# Pacific Energy Stove reviews?



## Extremebison (Jan 30, 2011)

Anybody out there have any experience with Pacific Energy Wood stoves?  I got a chance to buy one used for a 400sqft cabin I'm building.  Just curious on the units?  It's 15 yrs old and they want $350 for it.  Not sure what model it is.  Put any reviews on these stoves would be great, as it will be primary heat in this little cabin temps down to -40C regulary it will be heating in.


----------



## Todd (Jan 30, 2011)

https://www.hearth.com/ratings/search.php


----------



## BrotherBart (Jan 30, 2011)

Just do a search here on PE and Pacific Energy and you will spend till daylight reading about them.


----------



## begreen (Jan 30, 2011)

At 15 yrs old, it could also be need in a little maintenance. These stoves have evolved and have been refined since 15 yrs ago. Do you know what model this is?


----------



## Hogwildz (Jan 30, 2011)

Love mine, but at 15 years old. You better get a real good look at it.
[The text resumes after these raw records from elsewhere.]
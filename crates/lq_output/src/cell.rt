ghost use Rattle.std.specs.Prelude.{◌≡◌, ◌++◌, OnErr, OnOk, true};
ghost use Rattle.lq_schema.specs.Value.{Words, meaning_of};
ghost use Rattle.lq_output.specs.Cells.{cell_text};
ghost use Rattle.lq_output.specs.CellValue.{value_of_cell};
ghost use Rattle.lq_output.specs.Escapes.{is_as_it_is};

use crate::fields::{is_quoted, push_field, push_field_of};
use crate::json_text::{has_no_escape, push_in_quotes, push_json, push_string};
use crate::layout::Layout;
use crate::number::push_number;
use crate::plain::push_plain;
use lq_records::{Format, Memory};
use lq_schema::Val;

/// What a cell shows. A number and a text need no value made of them.
#[derive(Clone, Copy)]
pub enum Cell<'a> {
    /// A whole number.
    Number(i128),
    /// A text.
    Text(&'a str),
    /// A value of any kind.
    Value(&'a Val<'a>),
}

/// Adds the text of a cell. The only error is out of memory.
pub fn push_cell(out: &mut Vec<u8>, layout: Layout, cell: Cell<'_>) -> Result<(), Memory>
    ensures { OnOk result
        (out.new.items ≡ out.old.items ++ cell_text layout (value_of_cell cell.entry)) }
{
    match cell {
        Cell::Number(number) => push_number(out, number),
        Cell::Text(text) => push_text(out, layout, text),
        Cell::Value(value) => push_value(out, layout, value),
    }
}

fn push_text(out: &mut Vec<u8>, layout: Layout, text: &str) -> Result<(), Memory>
    ensures { OnOk result
        (out.new.items ≡ out.old.items ++ cell_text layout (Words text.now)) }
{
    match layout.format {
        Format::Csv => out.extend_from_slice(text.as_bytes()),
        Format::Quoted => push_field(out, text.as_bytes()),
        Format::Json => push_string(out, text),
    }
}

fn push_value(out: &mut Vec<u8>, layout: Layout, value: &Val<'_>) -> Result<(), Memory>
    ensures { OnOk result
        (out.new.items ≡ out.old.items ++ cell_text layout (meaning_of value.now)) }
{
    let separators = layout.separators;
    match layout.format {
        Format::Csv => push_plain(out, separators.list, separators.pair, value),
        Format::Quoted => push_field_of(out, value),
        Format::Json => push_json(out, value),
    }
}

/// Whether a text is written as it is, but for the quotes around it in json.
#[inline]
pub fn is_as_it_is(format: Format, text: &str) -> bool
    ensures { result ≡ is_as_it_is format text.now }
{
    match format {
        Format::Csv => true,
        Format::Quoted => !is_quoted(text.as_bytes()),
        Format::Json => has_no_escape(text),
    }
}

/// Adds a text that is written as it is. Where memory runs out, nothing is added.
#[inline(always)]
#[tactic(auto, using(crate::proofs::EscapeLemmas::quoted_plain))]
pub fn push_as_it_is(out: &mut Vec<u8>, layout: Layout, text: &str) -> Result<(), Memory>
    requires { is_as_it_is layout.format text.now ≡ true }
    ensures ok { OnOk result
        (out.new.items ≡ out.old.items ++ cell_text layout (Words text.now)) }
    ensures err { OnErr result (out.new.items ≡ out.old.items) }
{
    match layout.format {
        Format::Csv | Format::Quoted => out.extend_from_slice(text.as_bytes()),
        Format::Json => push_in_quotes(out, text),
    }
}
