ghost use Rattle.std.specs.Prelude.{◌≡◌, ◌++◌, OnOk, map, ok_or, position};
ghost use Rattle.std.specs.List.{AllByRecursion};
ghost use Rattle.std.specs.Str.{IsUtf8};
ghost use Rattle.lq_text.specs.Lines.{lines_of};
ghost use Rattle.lq_request.specs.Headers.{columns_of_words, columns_value, header_lines, switch};
ghost use Rattle.lq_request.specs.Headers.{with_columns, with_header, with_header_at, with_line};
ghost use Rattle.lq_request.specs.Reading.{Finds, Leaves};
ghost use Rattle.lq_request.specs.Style.{is_colon};

use crate::entry::Entries;
use crate::filters::Filters;
use crate::format::{format_value, separators_value};
use crate::header_err::{HeaderErr, well_formed};
use crate::number::number_value;
use crate::reason::Reason;
use crate::request::Request;
use crate::style::{colon_place, switch_value};
use crate::words::{as_text, is_text, without_end, without_front, words_of};
use lq_records::{Items, Memory, Text};
use lq_schema::{Col, Table, column};
use lq_text::next_line;
use std::alloc::Global;

/// The most header lines that a query may have. The next one is refused.
pub const MOST_HEADERS: usize = 256;

/// A query as far as it is read: the request that the lines so far ask, of which `columns` are the
/// ones that they name, and what they say of the line of names.
#[derive(Drop)]
pub struct Draft {
    /// The request. Its fields `head`, `filter`, `stats`, `from`, `until` and `names` say nothing
    /// yet.
    pub request: Request,
    /// Whether a line of the columns' names comes first, None where no line speaks of it.
    pub names: Option<bool>,
    /// The filters that stand so far.
    pub filters: Filters,
    /// The entries of the statistics so far.
    pub stats: Entries,
    /// How many patterns the lines so far look for.
    pub patterns: usize,
}

impl Draft {
    /// Adds what one more header says. `ResponseHeader` and `KeepAlive` leave all as it was, since
    /// the style speaks of them, and so do `Localtime` and `Timelimit`, which say nothing.
    // Headers are no enum of their own: each would have two more places there, and an arm here says
    // its name, its value and its field already.
    #[tactic(auto, unfolding(crate::specs::Headers::with_header))]
    fn add(&mut self, alloc: Global, name: &str, value: &str) -> Result<(), HeaderErr>
        ensures { Leaves result self.new (with_header name.now value.now self.old) }
    {
        match name {
            "Columns" => self.add_columns(alloc, name, value)?,
            "ColumnHeaders" => self.names = Some(switch(alloc, "on", name, value)?),
            "Filter" => self.add_test(alloc, name, value)?,
            "And" => self.join(alloc, name, false, value)?,
            "Or" => self.join(alloc, name, true, value)?,
            "Negate" => self.negate(alloc, name)?,
            "Stats" => self.add_stats(alloc, name, value)?,
            "StatsAnd" => self.join_stats(alloc, name, false, value)?,
            "StatsOr" => self.join_stats(alloc, name, true, value)?,
            "StatsNegate" => self.stats.negate(alloc, name)?,
            "Limit" => self.request.limit = Some(number_value(alloc, name, value)?),
            "OutputFormat" => self.request.format = format_value(alloc, name, value)?,
            "Separators" => self.request.separators = separators_value(alloc, name, value)?,
            "AuthUser" => {
                let user = without_end(without_front(value));
                self.request.user = Some(Text::new(alloc, user)?);
            }
            "ResponseHeader" => {
                switch(alloc, "fixed16", name, value)?;
            }
            "KeepAlive" => {
                switch(alloc, "on", name, value)?;
            }
            "Localtime" | "Timelimit" => {
                number_value(alloc, name, value)?;
            }
            _ => return Err(HeaderErr::Refused(Reason::UnknownHeader(Text::new(alloc, name)?))),
        }
        Ok(())
    }

    /// Adds the columns that a value names.
    fn add_columns(&mut self, alloc: Global, name: &str, value: &str) -> Result<(), HeaderErr>
        ensures { Leaves result self.new (with_columns name.now value.now self.old) }
    {
        let more = columns_value(alloc, self.request.table, name, value)?;
        push_all(alloc, &mut self.request.columns, more.as_slice())?;
        Ok(())
    }

    /// Adds the header of a line, by the line's number from 1.
    fn add_line(&mut self, alloc: Global, number: usize, line: &[u8]) -> Result<(), HeaderErr>
        ensures { Leaves result self.new (with_line number line.now self.old) }
    {
        if !is_text(line) {
            return Err(HeaderErr::Refused(Reason::NotUtf8));
        }
        if number > MOST_HEADERS {
            return Err(HeaderErr::Refused(Reason::TooManyHeaders));
        }
        self.add_parts(alloc, line)
    }

    /// Adds the header of a line, whose name goes up to its first colon.
    fn add_parts(&mut self, alloc: Global, line: &[u8]) -> Result<(), HeaderErr>
        requires { IsUtf8 line.now }
        ensures { Leaves result self.new
            (with_header_at line.now (position is_colon line.now) self.old) }
    {
        let Some(colon) = colon_place(line) else {
            return Err(HeaderErr::Refused(Reason::NoColon));
        };
        let name = as_text(&line[..colon]);
        let value = as_text(&line[colon + 1..]);
        self.add(alloc, name, value)
    }
}

fn push_all(alloc: Global, columns: &mut Items<Col>, more: &[Col]) -> Result<(), Memory>
    ensures { OnOk result (columns.new ≡ columns.old ++ more.now) }
{
    for column in more {
        columns.push(alloc, *column)?;
    }
    Ok(())
}

/// What header lines say beside a draft, up to the first empty one, or the reason of the first line
/// that can't be read.
pub fn header_lines(alloc: Global, draft: Draft, bytes: &[u8]) -> Result<Draft, HeaderErr>
    ensures { Finds result (header_lines 1 (lines_of bytes.now) draft) }
{
    let mut draft = draft;
    let mut number = 0;
    let mut at = 0;
    'lines: while let Some((end, next)) = next_line(bytes, at) {
        let line = &bytes[at..end];
        if line.is_empty() {
            break;
        }
        number += 1;
        draft.add_line(alloc, number, line)?;
        at = next;
    }
    Ok(draft)
}

/// What the value of a switch says, by the word that turns it on.
fn switch(alloc: Global, on: &str, name: &str, value: &str) -> Result<bool, HeaderErr>
    ensures { Finds result (switch on.now name.now value.now) }
{
    well_formed(alloc, name, switch_value(on, value.as_bytes()))
}

/// The columns that a value names, in order.
fn columns_value(
    alloc: Global,
    table: Table,
    name: &str,
    value: &str,
) -> Result<Items<Col>, HeaderErr>
    ensures { Finds result (columns_value table name.now value.now) }
{
    let words = words_of(alloc, value.as_bytes())?;
    if words.is_empty() {
        return Err(HeaderErr::Refused(Reason::BadValue(Text::new(alloc, name)?)));
    }
    columns_of_words(alloc, table, &words)
}

/// The columns that words name, or the reason of the first word that names none.
fn columns_of_words(alloc: Global, table: Table, words: &[&[u8]]) -> Result<Items<Col>, HeaderErr>
    requires { AllByRecursion IsUtf8 (map (λ word. word.now) words.now) }
    ensures { Finds result (columns_of_words table (map (λ word. word.now) words.now)) }
{
    let mut columns = Items::default();
    for word in words {
        let word = as_text(word);
        let Some(column) = column(table, word) else {
            return Err(HeaderErr::Refused(Reason::UnknownColumn(Text::new(alloc, word)?)));
        };
        columns.push(alloc, column)?;
    }
    Ok(columns)
}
Alot has changed in 15 years.
Shell out a lil more cash and you can get a brand new Englander.


----------



## Extremebison (Jan 30, 2011)

Thanks everyone,  I'm trying to get the model off the owner.  I'm do realize I may have to replace the fire bricks, door gasket and so on.  Anything I should be looking for imparticular?


----------



## Hogwildz (Jan 30, 2011)

Check all the welds for cracks.
Any bowing or bulging of the walls or top etc.
Look up inside and see what the baffle looks like.
If it has a whitish haze on the outside steel, that could be an indicator of overfire.


----------